Stephan Dorgerloh hat seit Jahren Pflöcke in der Politik eingeschlagen. Die Vermutung, ein Prälat und Beauftragter der Evangelischen Kirche in Deutschland (EKD) für die Lutherdekade sei streng innerkirchlich ausgerichtet, bestätigt sich bei dem 45-Jährigen nicht. Dorgerloh hat schon als Direktor der Evangelischen Akademie in Sachsen-Anhalt immer politische Themen angesprochen. Für seine Partei, die SPD, konnte er nun in Koalitionsgesprächen erfolgreich verhandeln. Am Montag wurde er von der schwarz-roten Koalition, die voraussichtlich weiter Sachsen-Anhalt regieren wird, als künftiger Kultusminister benannt.

Der Pfarrer soll im Kulturressort der Wirtschaftswissenschaftlerin Birgitta Wolff (CDU) nachfolgen. Die konstituierende Sitzung des neuen Landtags und die Vereidigung der Minister sind für den 19. April geplant. Bei den Koalitionsgesprächen konnte Dorgerloh als Verhandlungsführer seiner Partei für die Themenbereiche Bildung und Kultur SPD-Forderungen wie etwa ein längeres gemeinsames Lernen in Gemeinschaftsschulen durchsetzen.

Bildung und Kultur nach dem Vorbild Luthers

Der Beauftragte der Evangelischen Kirchen bei Landtag und Landesregierung von Sachsen-Anhalt, Albrecht Steinhäuser, schätzt an Dorgerloh, dass für ihn Bildung mehr als die Vermittlung oder der Erwerb von Wissen sei. Dabei gehe es Dorgerloh um die Befähigung zur Verantwortung - für sich selbst und für die Gesellschaft insgesamt, sagt der Oberkirchenrat. Als Beauftragter der EKD für die Lutherdekade habe er bei Martin Luther angeknüpft. Vor 500 Jahren seien auch für den Reformator Bildungschancen eine Schlüsselfrage christlicher Verantwortung gewesen.

Dorgerloh hat sich auch bei internationaler Politik eingemischt. So rief er etwa 2003 vor dem Hintergrund des Irak-Krieges zusammen mit anderen Akademien einen "transatlantischen Dialog" ins Leben, der Verstimmungen zwischen US-Amerikanern und Deutschen abbauen helfen sollte. Und 2006, als die Flüchtlingsströme aus Nordafrika noch lange nicht das Ausmaß wie heute hatten, widmete sich seine Akademie dem Thema bereits mit einer Tagung. Afrika gelte als das Armenhaus der globalisierten Welt und sitze auf gepackten Koffern, warnte Dorgerloh schon damals.

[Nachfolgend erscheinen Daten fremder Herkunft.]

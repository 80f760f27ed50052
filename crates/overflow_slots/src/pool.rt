//! The book of the slots.
ghost use Rattle.std.specs.Prelude.{◌≡◌, ◌≤◌, ◌<◌, ◌+◌, ◌*◌, IsErr};
ghost use Rattle.overflow_slots.specs.Desk.{Agrees, Answers, free_slot, with_slot as slot_kept};
ghost use Rattle.overflow_slots.specs.SlotRun.{start, front as front_of, has_room as room, slot_answer, begin_answer, take_answer, overflow_answer, end_answer};
ghost use Rattle.overflow_slots.specs.declared.call.Call.TheVariants.{Begin, Take, Overflow, End};

use super::slots::{free_all, free_count, least_free};
use field_words::{SLOT_SIZE, round_up};
use std::marker::Model;
use tile_memory::{alloc_offset, slot_fits};

/// The bytes of a block, and of a tile list's first block.
const BLOCK: u32 = 128;

const TILE_BLOCK: u32 = 32;

/// 128 bytes of a slot; they begin at this offset in it.
#[derive(Clone, Copy, Debug, PartialEq, Eq)]
pub struct Block {
    pub slot: u32,
    pub at: u32,
}

/// Slots of tile memory, and the jobs that hold them. Jobs have the numbers 0 to 31.
#[derive(Drop)]
pub struct Pool {
    slots: u32,
    owners: [u8; 32],
    newest: [u8; 32],
    used: [u32; 32],
}

impl Model for Pool {
    ghost use Rattle.std.specs.Prelude.{◌≤◌};
    ghost use Rattle.overflow_slots.specs.Desk.{Desk};

    ghost Value = { Desk };

    ghost view = { λ p. record { slots = p.slots; owners = p.owners; newest = p.newest; used = p.used } };

    ghost invariant = { λ p. p.slots ≤ 32 };
}

// The bytes at a slot's front that no block may use.
#[tactic(auto, unfolding(crate::specs::SlotRun::front))]
fn front(tiles: u32) -> u32
    requires { tiles ≤ 65025 }
    ensures { result ≡ front_of tiles }
{
    alloc_offset(tiles) + round_up(u64::from(TILE_BLOCK * tiles), u64::from(BLOCK)) as u32
}

fn has_room(used: u32) -> bool
    ensures { result ≡ room used }
{
    u64::from(used) + u64::from(BLOCK) <= u64::from(SLOT_SIZE)
}

impl Pool {
    /// A pool of this many slots, all free.
    pub fn new(slots: u32) -> Pool
        requires some { 1 ≤ slots }
        requires few { slots ≤ 32 }
        ensures { Agrees (start slots) result }
    {
        Pool {
            slots,
            owners: [0; 32],
            newest: [0; 32],
            used: [0; 32],
        }
    }

    // The least free slot becomes the job's newest, with this many bytes used.
    fn give(&mut self, job: u8, used: u32) -> Result<u32, u8>
        requires { job < 32 }
        ensures answer { result ≡ slot_answer (free_slot self.old) }
        ensures kept { self.new ≡ slot_kept self.old job used (free_slot self.old) }
    {
        match least_free(&self.owners, self.slots) {
            None => Err(3),
            Some(slot) => {
                self.owners[slot as usize] = job + 1;
                self.newest[job as usize] = slot as u8 + 1;
                self.used[job as usize] = used;
                Ok(slot)
            }
        }
    }

    /// Begins a job of so many tiles: it gets the least free slot, whose front its tiles' states and first blocks take. Refused
    /// are, in this order: with 1 a job that is running; with 6 one without tiles, or with more than a slot has room for; with 3
    /// one for which no slot is free. A refusal changes nothing.
    pub fn begin(&mut self, job: u8, tiles: u32) -> Result<u32, u8>
        requires job { job < 32 }
        requires tiles { tiles ≤ 65025 }
        ensures answers { Answers (λ run. begin_answer run job tiles) (Begin job tiles) result
            self.old self.new }
        ensures same { IsErr result → self.new ≡ self.old }
    {
        if self.newest[job as usize] != 0 {
            return Err(1);
        }
        if tiles == 0 {
            return Err(6);
        }
        if !slot_fits(tiles) {
            return Err(6);
        }
        self.give(job, front(tiles))
    }

    /// Gives the job the next block of its newest slot. Refused are, in this order: with 2 a job that isn't running; with 4 one
    /// whose newest slot has no room for a block. A refusal changes nothing.
    pub fn take(&mut self, job: u8) -> Result<Block, u8>
        requires { job < 32 }
        ensures answers { Answers (λ run. take_answer run job) (Take job) result self.old self.new }
        ensures same { IsErr result → self.new ≡ self.old }
    {
        let newest = self.newest[job as usize];
        if newest == 0 {
            return Err(2);
        }
        let used = self.used[job as usize];
        if !has_room(used) {
            return Err(4);
        }
        self.used[job as usize] = used + BLOCK;
        Ok(Block {
            slot: u32::from(newest) - 1,
            at: used,
        })
    }

    /// Gives the job the least free slot as its newest, all of it for blocks. Refused are, in this order: with 2 a job that isn't
    /// running; with 5 one whose newest slot has room for a block; with 3 one for which no slot is free. A refusal changes
    /// nothing.
    pub fn overflow(&mut self, job: u8) -> Result<u32, u8>
        requires { job < 32 }
        ensures answers { Answers (λ run. overflow_answer run job) (Overflow job) result
            self.old self.new }
        ensures same { IsErr result → self.new ≡ self.old }
    {
        if self.newest[job as usize] == 0 {
            return Err(2);
        }
        if has_room(self.used[job as usize]) {
            return Err(5);
        }
        self.give(job, 0)
    }

    /// Ends the job: its slots are free again. It says how many slots are free then. Refused with 2 is a job that isn't running,
    /// which changes nothing.
    pub fn end(&mut self, job: u8) -> Result<u32, u8>
        requires { job < 32 }
        ensures answers { Answers (λ run. end_answer run job) (End job) result self.old self.new }
        ensures same { IsErr result → self.new ≡ self.old }
    {
        if self.newest[job as usize] == 0 {
            return Err(2);
        }
        free_all(&mut self.owners, job + 1);
        self.newest[job as usize] = 0;
        Ok(free_count(&self.owners, self.slots))
    }
}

Nachfolge in Wittenberg noch nicht entschieden

Der aus Berlin stammende Dorgerloh, der von 1987 bis 1993 Evangelische Theologie in Rostock und Berlin studiert hat, leitet seit 2008 in Wittenberg die Vorbereitung des 500. Reformationsjubiläums im Jahr 2017. Zuvor war er acht Jahre der Direktor der Evangelischen Akademie Sachsen-Anhalt in Wittenberg. Zum Pfarrer ordiniert wurde Dorgerloh in der Lutherstadt Ende 1999 vom damaligen Propst Heinrich Hamel. Sein Vikariat hat er von 1995 bis 1997 in Berlin sowie Chicago absolviert. Dorgerloh ist außerdem Mitinitiator der 2003 in Wittenberg gegründeten "DemokratieANstiftung".

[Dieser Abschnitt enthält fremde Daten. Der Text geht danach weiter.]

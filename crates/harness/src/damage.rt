// A board with one field changed: document 01's list for 15, and places that nobody may look at.
use crate::records;
use board::{Board, UndoRecord};
use reference::history::RECORDS;
use reference::problem;
use reference::problem::{MAX_BUDGET, MAX_VERTICES, MAX_WEIGHT, NO_ARC};
use reference::random::Random;

// The changes: 9 of a number, 6 of a cell and 6 of a record are damage; 7 are none.
pub const KINDS: u32 = 28;

const CELLS_FROM: u32 = 9;

const RECORDS_FROM: u32 = 15;

const SOUND_FROM: u32 = 21;

#[derive(Clone, Copy)]
pub struct Damaged {
    pub is_damaged: bool,
    pub board: Board,
}

// A vertex below n other than v, for n of 2 or more.
fn other_vertex(g: Random, n: u32, v: u32) -> u32 {
    if n < 2 {
        return 0;
    }
    v.wrapping_add(g.below(n - 1).wrapping_add(1)) % n
}

#[derive(Clone, Copy)]
pub struct Arc {
    pub tail: u32,
    pub head: u32,
}

// An arc that there can be, for n of 2 or more. It takes two steps of the generator.
pub fn some_arc(g: Random, n: u32, root: u32) -> Arc {
    let head = other_vertex(g, n, root);
    Arc {
        tail: other_vertex(g.next(), n, head),
        head,
    }
}

// The board with a budget in the place of every record that names an arc.
fn without_records_of(b: Board, tail: u32, head: u32) -> Board {
    let mut c = b;
    for k in 0..RECORDS {
        let r = b.records[k];
        if records::names(r, tail, head) {
            c.records[k] = records::budget_record(0);
        }
    }
    c
}

// The board with that in a cell. Where it is no arc then, no record names it, which would be damage of its own.
pub fn with_cell(b: Board, tail: u32, head: u32, weight: u32, mark: u8) -> Board {
    let mut c = b;
    let at = problem::cell(tail, head);
    c.weights[at] = weight;
    c.marks[at] = mark;
    if weight == NO_ARC {
        return without_records_of(c, tail, head);
    }
    c
}

fn with_budget(b: Board, budget: u32) -> Board {
    let mut c = b;
    c.budget = budget;
    c
}

// One record of the history replaced; one is made if there is none.
pub fn with_record(b: Board, g: Random, record: UndoRecord) -> Board {
    let mut c = b;
    if c.count == 0 {
        c.count = 1;
    }
    let below = g.below((c.count % (RECORDS + 1)) as u32);
    c.records[(below % RECORDS as u32) as usize] = record;
    c
}

// A number out of its range: of vertices, of the root, a budget, a number of records.
fn number_damaged(b: Board, kind: u32) -> Board {
    let mut c = b;
    match kind {
        0 => c.n = 0,
        1 => c.n = MAX_VERTICES + 1,
        2 => c.n = 4294967295,
        3 => c.root = c.n,
        4 => c.root = 4294967295,
        5 => c.budget = MAX_BUDGET + 1,
        6 => c.budget = 4294967295,
        7 => c.count = RECORDS + 1,
        _ => c.count = 18446744073709551615,
    }
    c
}

// The weight and the mark of a cell that can hold an arc: a weight out of its range, a mark out of its range, a mark on
// no arc.
fn bad_weight(kind: u32) -> u32 {
    match kind {
        9 => NO_ARC + 1,
        10 => 4294967295,
        11 => MAX_WEIGHT,
        12 => 5,
        _ => NO_ARC,
    }
}

fn bad_mark(kind: u32) -> u8 {
    match kind {
        11 => 3,
        12 => 255,
        13 => 1,
        14 => 2,
        _ => 0,
    }
}

// A record that names no arc, or restores a value out of its range; and two that are lawful.
fn nth_record(kind: u32, n: u32, root: u32, tail: u32, head: u32) -> UndoRecord {
    match kind {
        15 => records::mark_record(n, head, 0),
        16 => records::mark_record(tail, tail, 0),
        17 => records::mark_record(head, root, 0),
        18 => records::mark_record(tail, head, 0),
        19 => records::mark_record(tail, head, 3),
        20 => records::budget_record(MAX_BUDGET + 1),
        24 => records::mark_record(tail, head, 2),
        _ => records::budget_record(MAX_BUDGET),
    }
}

// The board with that record, and with an arc at the cell that it names, or with none.
fn record_changed(b: Board, kind: u32, g: Random, tail: u32, head: u32) -> Board {
    let record = nth_record(kind, b.n, b.root, tail, head);
    match kind {
        18 => with_record(with_cell(b, tail, head, NO_ARC, 0), g, record),
        19 | 24 => with_record(with_cell(b, tail, head, 5, 0), g, record),
        _ => with_record(b, g, record),
    }
}

// Rubbish in a place past the count.
fn with_rubbish_record(b: Board) -> Board {
    let mut c = b;
    if c.count < RECORDS {
        let at = c.count;
        c.records[at] = records::mark_record(250, 251, 252);
    }
    c
}

// What is no damage: rubbish where no arc can be and past the count, a lawful record, the dearest price and the
// greatest budget.
fn sound(b: Board, kind: u32, g: Random, tail: u32, head: u32) -> Board {
    match kind {
        21 => with_cell(b, tail, tail, NO_ARC + 1, 3),
        22 => with_cell(b, tail, b.root, 4294967295, 255),
        23 => with_rubbish_record(b),
        26 => with_cell(b, tail, head, MAX_WEIGHT, 2),
        27 => with_budget(b, MAX_BUDGET),
        _ => record_changed(b, kind, g, tail, head),
    }
}

// The board with the change of that kind, at an arc that the generator picks.
fn changed(b: Board, kind: u32, g: Random) -> Board {
    let arc = some_arc(g, b.n, b.root);
    let tail = arc.tail;
    let head = arc.head;
    let h = g.next().next();
    if kind < CELLS_FROM {
        return number_damaged(b, kind);
    }
    if kind < RECORDS_FROM {
        return with_cell(b, tail, head, bad_weight(kind), bad_mark(kind));
    }
    if kind < SOUND_FROM {
        return record_changed(b, kind, h, tail, head);
    }
    sound(b, kind, h, tail, head)
}

pub fn nth_damage(b: Board, kind: u32, g: Random) -> Damaged {
    Damaged {
        is_damaged: kind < SOUND_FROM,
        board: changed(b, kind, g),
    }
}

In die SPD trat er 1998 ein. Dorgerloh erwarb sich Ansehen nicht nur als Akademie-Direktor, sondern auch als Leiter der "Arbeitsgemeinschaft für Bildung" der SPD sowie im Bildungskonvent Sachsen-Anhalt, den er zusammen mit dem früheren Landtagspräsidenten Adolf Spotka (CDU) von 2007 bis 2010 moderierte. Dorgerloh war bereits 2006 als Kultusminister im Gespräch, das Amt bekam dann aber der parteilose CDU-Kandidat Jan-Hendrik Olbertz.

In der Arbeit des Bildungskonvents sei ihm bei aller Klarheit der eigenen Überzeugung immer auch die Suche nach gangbaren Wegen wichtig gewesen, sagt Steinhäuser über Dorgerloh. Dass er nun in die Politik wechselt, sei für die EKD jedenfalls ein Verlust, erklärt deren Sprecher Reinhard Mawick. Seine Berufung ins Amt des Ministers sei zugleich aber auch ein Zeichen der Anerkennung. Über Dorgerlohs Nachfolge habe die EKD noch nicht entschieden.